Let $f(x, y)$ be the number of cells the line segment from $(0, 0)$ to $(x, y)$ passes through. The problem is then equivalent to finding \[f(5000-2000, 8000-3000)=f(3000, 5000).\] Sometimes the segment passes through lattice points in between the endpoints, which happens $\text{gcd}(3000, 5000)-1=999$ times. This partitions the segment into $1000$ congruent pieces that each pass through $f(3, 5)$ cells, which means the answer is \[1000f(3, 5).\] Note that a new square is entered when the lines pass through one of the lines in the coordinate grid, which for $f(3, 5)$ happens $3-1+5-1=6$ times. Because $3$ and $5$ are relatively prime, no lattice point except for the endpoints intersects the line segment from $(0, 0)$ to $(3, 5).$ This means that including the first cell closest to $(0, 0),$ The segment passes through $f(3, 5)=6+1=7$ cells. Thus, the answer is $\boxed{\textbf{(C)}7000}.$ Alternatively, $f(3, 5)$ can be found by drawing an accurate diagram, leaving you with the same answer. Note: A general form for finding $f(x, y)$ is $x+y-\text{gcd}(x, y).$ We subtract $\text{gcd}(x, y)$ to account for overlapping, when the line segment goes through a lattice point.

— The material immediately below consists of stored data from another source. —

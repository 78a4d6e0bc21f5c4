//! The words of each command, and words that spell none.
use super::*;
use std::alloc::Global;
use std::test::Fail;

fn words_of(alloc: Global, line: &str) -> Result<Vec<String>, Fail> {
    let mut words = Vec::new(alloc);
    for word in line.split(' ') {
        words.push(String::from_str(alloc, word)?)?;
    }
    Ok(words)
}

const GOOD: [(&str, Command<'static>); 23] = [
    ("reduce", Command::Reduce),
    ("ext", Command::Ext),
    ("int", Command::Int { lean: false }),
    ("int lean=on", Command::Int { lean: true }),
    ("tangent", Command::Tangent),
    ("op include", Command::Include),
    ("op equal", Command::Equal),
    ("op join", Command::Join),
    ("op meet", Command::Meet),
    ("op forget var=max", Command::Forget { var: "max" }),
    (
        "op forget var=_bcdefghijklmnopqrstuvwxyz012345",
        Command::Forget {
            var: "_bcdefghijklmnopqrstuvwxyz012345",
        },
    ),
    ("trace turns=0", Command::Trace { turns: 0 }),
    ("trace turns=10000", Command::Trace { turns: 10_000 }),
    ("check", Command::Check),
    (
        "analyze mode=max",
        Command::Analyze {
            mode: Mode::Max,
            delay: 2,
            narrow: 0,
        },
    ),
    (
        "analyze mode=min delay=0",
        Command::Analyze {
            mode: Mode::Min,
            delay: 0,
            narrow: 0,
        },
    ),
    (
        "analyze mode=min narrow=100",
        Command::Analyze {
            mode: Mode::Min,
            delay: 2,
            narrow: 100,
        },
    ),
    (
        "analyze mode=max delay=2 narrow=0",
        Command::Analyze {
            mode: Mode::Max,
            delay: 2,
            narrow: 0,
        },
    ),
    (
        "analyze mode=max delay=1000 narrow=7",
        Command::Analyze {
            mode: Mode::Max,
            delay: 1_000,
            narrow: 7,
        },
    ),
    (
        "analyze mode=mixed",
        Command::Analyze {
            mode: Mode::Mixed,
            delay: 2,
            narrow: 0,
        },
    ),
    (
        "analyze mode=zone delay=0 narrow=1",
        Command::Analyze {
            mode: Mode::Zone,
            delay: 0,
            narrow: 1,
        },
    ),
    (
        "sample seed=0 vars=1 rows=0",
        Command::Sample {
            seed: 0,
            vars: 1,
            rows: 0,
        },
    ),
    (
        "sample seed=2147483647 vars=31 rows=1024",
        Command::Sample {
            seed: 2_147_483_647,
            vars: 31,
            rows: 1_024,
        },
    ),
];

const BAD: [&str; 31] = [
    "",
    "Reduce",
    "reduce ",
    "reduce reduce",
    "--help",
    "int lean=off",
    "int lean=",
    "int lean",
    "int lean=on ",
    "int lean=on lean=on",
    "lean=on int",
    "ext lean=on",
    "op",
    "op forget",
    "op forget var=",
    "op forget var=9x",
    "op forget var=abcdefghijklmnopqrstuvwxyz0123456",
    "op reduce",
    "trace turns=10001",
    "trace turns=01",
    "trace turns=+1",
    "trace turns=",
    "analyze delay=2",
    "analyze mode=both",
    "analyze mode=zones",
    "analyze mode=",
    "analyze mode=max narrow=101",
    "analyze mode=max narrow=1 delay=1",
    "analyze mode=max delay=1 delay=1",
    "sample seed=0 vars=0 rows=0",
    "sample vars=1 seed=0 rows=0",
];

#[test]
fn the_table_of_words(rt: HostRuntime) -> Result<(), Fail> {
    let alloc = rt.alloc();
    for (line, command) in GOOD {
        let words = words_of(alloc, line)?;
        assert!(rt; read_words(&words) == Ok(command), "{line}");
    }
    for line in BAD {
        let words = words_of(alloc, line)?;
        assert!(rt; read_words(&words) == Err(BadWords), "{line}");
    }
    assert!(rt; read_words(&[]) == Err(BadWords));
    let text = format!(in alloc; "{BadWords}")?;
    assert_eq!(rt; text.as_str(), "bad words");
    Ok(())
}
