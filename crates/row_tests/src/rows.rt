//! Rows, lists of rows and of inequalities, the canonical list, and the elementary step.
use row_examples::{inequality_of, row_of, row_text, rows_of, rows_text, same_text, span_text};
use std::alloc::Global;
use std::test::Fail;
use trop_row::{Gens, Row, System, member, reduce, step_all};
use trop_scalar::{Flag, MaxInt, MinInt, Scalar};

// That the canonical list of the rows is this.
fn reduces<S: Scalar>(alloc: Global, why: &str, rows: &str, wanted: &str) -> Result<(), Fail> {
    let gens = rows_of::<S>(alloc, 2, rows)?;
    let reduced = reduce(alloc, &gens)?;
    same_text(alloc, why, wanted, rows_text(alloc, &reduced)?.as_str())
}

#[test]
fn canonical_lists(rt: HostRuntime) -> Result<(), Fail> {
    let alloc = rt.alloc();
    let points = "0 0, 0 1, 0 2";
    reduces::<MaxInt>(alloc, "the middle point goes", points, "0 0, 0 2")?;
    reduces::<MinInt>(alloc, "the greater number stands first", points, "0 2, 0 0")?;
    reduces::<Flag>(alloc, "a repeat goes", "0 0, 0 ., 0 0", "0 ., 0 0")
}

// Whether the row is a combination of the points 0 and 2.
fn is_between(alloc: Global, row: &str) -> Result<bool, Fail> {
    let gens = rows_of::<MaxInt>(alloc, 2, "0 0, 0 2")?;
    let row = row_of(alloc, 2, row)?;
    Ok(member(&gens, &row))
}

#[test]
fn combinations_of_two_points(rt: HostRuntime) -> Result<(), Fail> {
    assert_eq!(rt; is_between(rt.alloc(), "0 1")?, true, "between both");
    assert_eq!(rt; is_between(rt.alloc(), "0 3")?, false, "past the second");
    Ok(())
}

// The whole line, cut at 3: the inequality x <= 3.
#[test]
fn step_cuts_the_line(rt: HostRuntime) -> Result<(), Fail> {
    let alloc = rt.alloc();
    let mut units = Gens::<MaxInt>::new(alloc, 2);
    units.push(Row::unit(alloc, 2, 0)?)?;
    units.push(Row::unit(alloc, 2, 1)?)?;
    let ineq = inequality_of(alloc, 2, ". 0 < 3 .")?;
    let cut = step_all(alloc, &units, &ineq)?;
    same_text(
        alloc,
        "the line",
        "0 ., 0 3",
        rows_text(alloc, &cut)?.as_str(),
    )
}

// That a row of 8 entries is made is proved, whatever memory there is.
#[test]
fn rows_of_eight_need_no_memory(rt: HostRuntime) {
    let alloc = rt.alloc();
    let entries = [MaxInt::of(5); 8];
    let row = Row::from_entries(alloc, &entries).unwrap();
    let copy = row.copy(alloc).unwrap();
    assert!(rt; copy == row && copy.len() == 8);
    let unit = Row::<Flag>::unit(alloc, 8, 7).unwrap();
    assert!(rt; unit.get(7).is_set());
}

// The unit row of each coordinate, and its copy.
#[test]
fn units_and_copies(rt: HostRuntime) -> Result<(), Fail> {
    let alloc = rt.alloc();
    for n in 1..12 {
        for i in 0..n {
            let wanted = span_text(alloc, n, i, i + 1)?;
            let copy = Row::<MaxInt>::unit(alloc, n, i)?.copy(alloc)?;
            let got = row_text(alloc, &copy)?;
            same_text(alloc, "a unit row", wanted.as_str(), got.as_str())?;
        }
    }
    Ok(())
}

// That three pushes succeed after `reserve(3)` is proved, whatever memory there is.
#[test]
fn three_rows_after_reserve(rt: HostRuntime) -> Result<(), Fail> {
    let alloc = rt.alloc();
    let (first, second, third) = (
        row_of::<MaxInt>(alloc, 2, ". 0")?,
        row_of(alloc, 2, "0 .")?,
        row_of(alloc, 2, "0 0")?,
    );
    let mut gens = Gens::new(alloc, 2);
    gens.reserve(3)?;
    gens.push(first).unwrap();
    gens.push(second).unwrap();
    gens.push(third).unwrap();
    let got = rows_text(alloc, &gens)?;
    same_text(alloc, "three rows", ". 0, 0 ., 0 0", got.as_str())
}

// The same of inequalities.
#[test]
fn three_inequalities_after_reserve(rt: HostRuntime) -> Result<(), Fail> {
    let alloc = rt.alloc();
    let below = inequality_of::<MaxInt>(alloc, 2, ". 0 < 0 .")?;
    let above = inequality_of(alloc, 2, "0 . < . 0")?;
    let same = below.copy(alloc)?;
    let mut system = System::new(alloc, 2);
    system.reserve(3)?;
    system.push(below).unwrap();
    system.push(above).unwrap();
    system.push(same).unwrap();
    assert_eq!(rt; system.len(), 3);
    Ok(())
}
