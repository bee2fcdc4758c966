//! One site of a system as a process: it reads commands from a reader, and talks to its peers over TCP.
#![tactic(auto)]

mod laws;
mod site;

pub use laws::{keys_are_on_disk, starts_remember_journal, told_is_not_lost};
pub use site::run_site;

Extend the "inner part" of the mountain so that the image is two right triangles that overlap in a third right triangle as shown. The side length of the largest right triangle is $12\sqrt{2},$ which means its area is $144.$ Similarly, the area of the second largest right triangle is $64$ (the side length is $8\sqrt{2}$), and the area of the overlap is $h^2$ (the side length is $h\sqrt{2}$). Because the right triangles have a side ratio of 1:1:$\sqrt{2}$.Thus, \[144+64-h^2=183,\] which means that the answer is $\boxed{\mathbf{(B)}\text{ 5}}.$

Suppose the passengers are indistinguishable. There are $\binom{12}{8} = 495$ total ways to distribute the passengers. We proceed with complementary counting, and instead, will count the number of passenger arrangements such that the couple cannot sit anywhere. Consider the partitions of $8$ among the rows of $3$ seats, to make our lives easier, assuming they are non-increasing. We have $(3, 3, 2, 0), (3, 3, 1, 1), (3, 2, 2, 1), (2, 2, 2, 2)$. For the first partition, clearly, the couple will always be able to sit in the row with $0$ occupied seats, so we have $0$ cases here. For the second partition, there are $\frac{4!}{2!2!} = 6$ ways to permute the partition. Now the rows with exactly $1$ passenger must be in the middle, so this case generates $6$ cases. For the third partition, there are $\frac{4!}{2!} = 12$ ways to permute the partition. For rows with $2$ passengers, there are $\binom{3}{2} = 3$ ways to arrange them in the row so that the couple cannot sit there. The row with $1$ passenger must be in the middle. We obtain $12 \cdot 3^2 = 108$ cases. For the fourth partition, there is $1$ way to permute the partition. As said before, rows with $2$ passengers can be arranged in $3$ ways, so we obtain $3^4 = 81$ cases. Collectively, we obtain a total of $6 + 108 + 81 = 195$ cases. The final probability is $1 - \frac{195}{495} = \boxed{\textbf{(C)}~\frac{20}{33}}$.